Think about the color wheel.

The three primary colors of red, blue and yellow, when combined in different ways, allow us to enjoy thousands and thousands of different colors. This again is the power of combination. The power of combination is absolutely incredible and if you master 2000 words and 15 patterns you will be painting some very impressive scenes in your Spanish communications!

The idea is that you learn to paint for yourself, not simply make a copy or do some sort of dot to dot type of communication.

Being able to put sentences together for yourself sure beats struggling in conversations, or worse yet, being limited to parroting memorized dialogues as many do in a lot of Spanish courses and classes. Talking about María and Lupe getting a taxi in Guadalajara will not cut it in real life!

Let's pretend you just bought a brand new house with a walk-in closet in your bedroom.
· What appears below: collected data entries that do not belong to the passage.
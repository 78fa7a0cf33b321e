//! What an event stores and reads: the rows of all events as readings, and the laws of rows.
//!
//! Readings, rows, sources and deciders are words of ours; the rows follow GA22-6821, "System Structure", "Fixed-Point
//! Arithmetic", "Logical Operations", "Decimal Arithmetic", "Branching", "Status Switching", "Interruptions", "Input/Output
//! Operations" and "System Control Panel".
#![tactic(auto)]

mod laws;

pub use laws::{
    channels_are_rows, deciders_decide, deciders_decide_the_event, deciders_decide_the_instruction,
    events_are_rows, events_follow_their_sources, instructions_are_rows,
    instructions_follow_their_sources, interruptions_are_rows, others_are_kept,
    others_are_kept_by_the_event, sequences_are_rows, values_follow_their_sources,
};
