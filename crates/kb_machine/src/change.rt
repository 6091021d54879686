//! What a command is planned to change.

use crate::kept_text::KeptText;
use kb_account::{Book, Next};
use kb_book::{Answer, LaneReply};
use kb_catalog::Catalog;
use kb_days::Name;
use kb_overdue::Config;
use kb_sharing::SharedMap;

/// What a new command makes of a machine, with all memory taken.
#[derive(Drop)]
pub enum Change {
    /// The catalog with a version more, and the keys of catalog texts.
    Catalog {
        catalog: Catalog,
        keys: SharedMap<Name, KeptText>,
        number: u32,
    },
    /// The states of an overdue text, and the keys of overdue texts.
    Overdue {
        config: Config,
        keys: SharedMap<Name, KeptText>,
        number: u32,
    },
    /// What the book of an account prepared.
    Book {
        account: Name,
        next: Next,
    },
}

/// An account that is opened: its book, and the answer to that command.
#[derive(Drop)]
pub struct Opened {
    pub account: Name,
    pub book: Book,
    pub answer: Answer,
}

/// What is planned for a command that isn't refused.
#[derive(Drop)]
pub enum Planned {
    /// The command is new, and changes this.
    Change(Change),
    /// The command is new, and opens this account.
    Opened(Opened),
    /// The command was accepted before: this is its reply.
    Again(LaneReply),
}
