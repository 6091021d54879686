//! A book, with what is due of it.

use kb_account::Book;
use kb_tree::Issue;
use std::marker::Model;

/// The book of an account as it stands, and the items that bring it up to what is due.
#[derive(Drop)]
pub struct DueBook<'a> {
    pub(crate) book: &'a Book,
    pub(crate) issue: Issue,
}

impl<'a> Model for DueBook<'a> {
    ghost use Rattle.kb_machine.specs.Plans.{DueBook};

    ghost Value = { DueBook };

    ghost view = { λ due. record { book = due.book.now; issue = due.issue } };
}
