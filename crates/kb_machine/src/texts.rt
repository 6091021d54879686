//! What is planned for a text.
ghost use Rattle.std.specs.Prelude.{◌≡◌, ℕ, [], ◌∷◌, ◌++◌, IfOk, IfErr, IfSome, IfNone, OnOk, Some, None};
ghost use Rattle.std.specs.FinMap.{entries, find, put};
ghost use Rattle.kb_sharing.specs.Keys.{by_words};
ghost use Rattle.kb_codec.specs.declared.command.Command.TheVariants as kinds;
ghost use Rattle.kb_book.specs.Rows.{IsUnprepared, first_refusal};
ghost use Rattle.kb_book.specs.declared.reply.LaneReply.TheVariants as replies;
ghost use Rattle.kb_machine.specs.Judged.{Judged, Again, refusal_in, lifted};
ghost use Rattle.kb_machine.specs.Texts.{TextsValue, by_key, catalog_rows, catalog_judged, overdue_judged};
ghost use Rattle.kb_machine.specs.Machines.{with_texts};
ghost use Rattle.kb_machine.specs.Plans.{plan_judged, Fits};

use crate::change::{Change, Planned};
use crate::kept_text::KeptText;
use crate::machine::Machine;
use kb_account::World;
use kb_base::{NoMemory, Seq};
use kb_book::{LaneReply, Refusal, Unprepared};
use kb_catalog::{AddFault, Catalog, Valid};
use kb_catalog_text::{Checked, CheckedOverdue, read, read_overdue};
use kb_codec::{Catalog as CatalogText, Command, OverdueRules, encode};
use kb_days::Name;
use kb_overdue::Config;
use kb_sharing::SharedMap;
use std::alloc::Global;

impl Machine {
    /// What is planned for a catalog text.
    pub(crate) fn plan_catalog(
        &self,
        alloc: Global,
        command: &Command,
        text: &CatalogText,
    ) -> Result<Planned, Unprepared>
        requires text { command.now ≡ kinds.Catalog text.now }
        ensures judged { IfOk result (λ planned. lifted replies.Version (with_texts self.now)
            (catalog_judged self.now.texts text.now) ≡ plan_judged self.now planned) }
        ensures fits { IfOk result (Fits self.now) }
        ensures refused { IfErr result (IsUnprepared (refusal_in (catalog_judged self.now.texts text.now))) }
    {
        let spelling = encode(alloc, command)?;
        let told = match told_number(&self.catalogs, &text.key, &spelling) {
            Ok(told) => told,
            Err(fault) => return Err(fault),
        };
        if let Some(number) = told {
            return Ok(Planned::Again(LaneReply::Version(number)));
        }
        let catalog = match with_version(alloc, &self.world, &text.text) {
            Ok(catalog) => catalog,
            Err(fault) => return Err(fault),
        };
        let number = catalog.len();
        let keys = with_text(alloc, &self.catalogs, text.key, spelling, number)?;
        Ok(Planned::Change(Change::Catalog {
            catalog,
            keys,
            number,
        }))
    }

    /// What is planned for an overdue text.
    pub(crate) fn plan_overdue(
        &self,
        alloc: Global,
        command: &Command,
        text: &OverdueRules,
    ) -> Result<Planned, Unprepared>
        requires text { command.now ≡ kinds.OverdueRules text.now }
        ensures judged { IfOk result (λ planned. lifted replies.States (with_texts self.now)
            (overdue_judged self.now.texts text.now) ≡ plan_judged self.now planned) }
        ensures fits { IfOk result (Fits self.now) }
        ensures refused { IfErr result (IsUnprepared (refusal_in (overdue_judged self.now.texts text.now))) }
    {
        let spelling = encode(alloc, command)?;
        let told = match told_number(&self.overdues, &text.key, &spelling) {
            Ok(told) => told,
            Err(fault) => return Err(fault),
        };
        if let Some(number) = told {
            return Ok(Planned::Again(LaneReply::States(number)));
        }
        let config = states_of(alloc, &text.text)?;
        let number = config.states().len() as u32;
        let keys = with_text(alloc, &self.overdues, text.key, spelling, number)?;
        Ok(Planned::Change(Change::Overdue {
            config,
            keys,
            number,
        }))
    }
}

/// The number that was told of a text under its key, if it is the same text; none if the key is new.
#[tactic(auto, using(crate::proofs::KeptTexts::text_found))]
fn told_number(
    keys: &SharedMap<Name, KeptText>,
    key: &Name,
    spelling: &[u8],
) -> Result<Option<u32>, Unprepared>
    ensures again { IfOk result (λ told. IfSome told (λ number. (new : Judged ℕ TextsValue)
        → by_key (find by_words key.now (entries keys.now)) spelling.now new ≡ Again number)) }
    ensures fresh { IfOk result (λ told. IfNone told (find by_words key.now (entries keys.now) ≡ None)) }
    ensures refused { IfErr result (λ fault. (new : Judged ℕ TextsValue)
        → IsUnprepared (refusal_in (by_key (find by_words key.now (entries keys.now)) spelling.now new))
        fault) }
{
    match keys.get(key) {
        Some(kept) => match kept_number(kept, spelling) {
            Ok(number) => Ok(Some(number)),
            Err(fault) => Err(fault),
        },
        None => Ok(None),
    }
}

/// The number that was told of a text, if it is the same text.
fn kept_number(kept: &KeptText, spelling: &[u8]) -> Result<u32, Unprepared>
    ensures same { IfOk result (λ number. (new : Judged ℕ TextsValue)
        → by_key (Some kept.now) spelling.now new ≡ Again number) }
    ensures refused { IfErr result (λ fault. (new : Judged ℕ TextsValue)
        → IsUnprepared (refusal_in (by_key (Some kept.now) spelling.now new)) fault) }
{
    if kept.spelling.as_slice() == spelling {
        Ok(kept.number)
    } else {
        Err(Unprepared::Refused(Refusal::KeyReused))
    }
}

/// The keys with one more.
#[tactic(auto, using(crate::proofs::KeptTexts::text_kept))]
fn with_text(
    alloc: Global,
    keys: &SharedMap<Name, KeptText>,
    key: Name,
    spelling: Vec<u8>,
    number: u32,
) -> Result<SharedMap<Name, KeptText>, NoMemory>
    ensures { IfOk result (λ after. entries after
        ≡ put by_words key (record { spelling = spelling.items; number = number }) (entries keys.now)) }
{
    let spelling = Seq::from_vec(spelling);
    keys.with(alloc, key, KeptText { spelling, number })
}

/// The catalog of a world with the version of a text more.
#[tactic(auto, using(crate::proofs::CatalogRows::early_rows, crate::proofs::CatalogRows::full_rows, crate::proofs::CatalogRows::other_rows))]
fn with_version(alloc: Global, world: &World, text: &Checked) -> Result<Catalog, Unprepared>
    ensures added { IfOk result (λ after. after ≡ world.now.versions ++ text.now.version ∷ []) }
    ensures allowed { OnOk result (first_refusal (catalog_rows world.now.versions text.now.version) ≡ None) }
    ensures refused { IfErr result (IsUnprepared (first_refusal
        (catalog_rows world.now.versions text.now.version))) }
{
    let version = version_of(alloc, text)?;
    match world.catalog.add(alloc, version) {
        Ok(after) => Ok(after),
        Err(AddFault::VersionOrder) => Err(Unprepared::Refused(Refusal::VersionOrder)),
        Err(AddFault::Limit) => Err(Unprepared::Refused(Refusal::Limit {
            which: 7,
            limit: 64,
        })),
        Err(AddFault::NoMemory) => Err(Unprepared::NoMemory),
    }
}

/// The version of a text, once more.
fn version_of(alloc: Global, text: &Checked) -> Result<Valid, NoMemory>
    ensures { IfOk result (λ version. version ≡ text.now.version) }
{
    let _version = text.version();
    let copy = text.text().to_vec(alloc)?;
    match read(alloc, copy) {
        Ok(checked) => Ok(checked.into_parts().1),
        Err(_) => Err(NoMemory),
    }
}

/// The states of a text, once more.
fn states_of(alloc: Global, text: &CheckedOverdue) -> Result<Config, NoMemory>
    ensures { IfOk result (λ states. states ≡ text.now.states) }
{
    let _config = text.config();
    let copy = text.text().to_vec(alloc)?;
    match read_overdue(alloc, copy) {
        Ok(checked) => Ok(checked.into_parts().1),
        Err(_) => Err(NoMemory),
    }
}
It is just an empty room with nothing in it. Will you move in and throw your clothes on the floor or will you consider a hanging system first so you can hang them in an orderly fashion? Obvio, that is Spanish for obvious. That is all we are doing. Before you learn a bunch of words and have no place to put them, you need to have a place to put them — a hanging system. This only makes good, logical sense.

Several years ago I developed a learning tool called The Real Spanish Path. The Path allows the average person to become comfortable with 12 of the 15 patterns within an average of 6 to 8 hours.

All Bilingual America students work with The Path before learning any new vocabulary. It is an incredible process. In around six to eight hours of learning the average student is comfortable with roughly 70 percent of the entire structure of the Spanish language!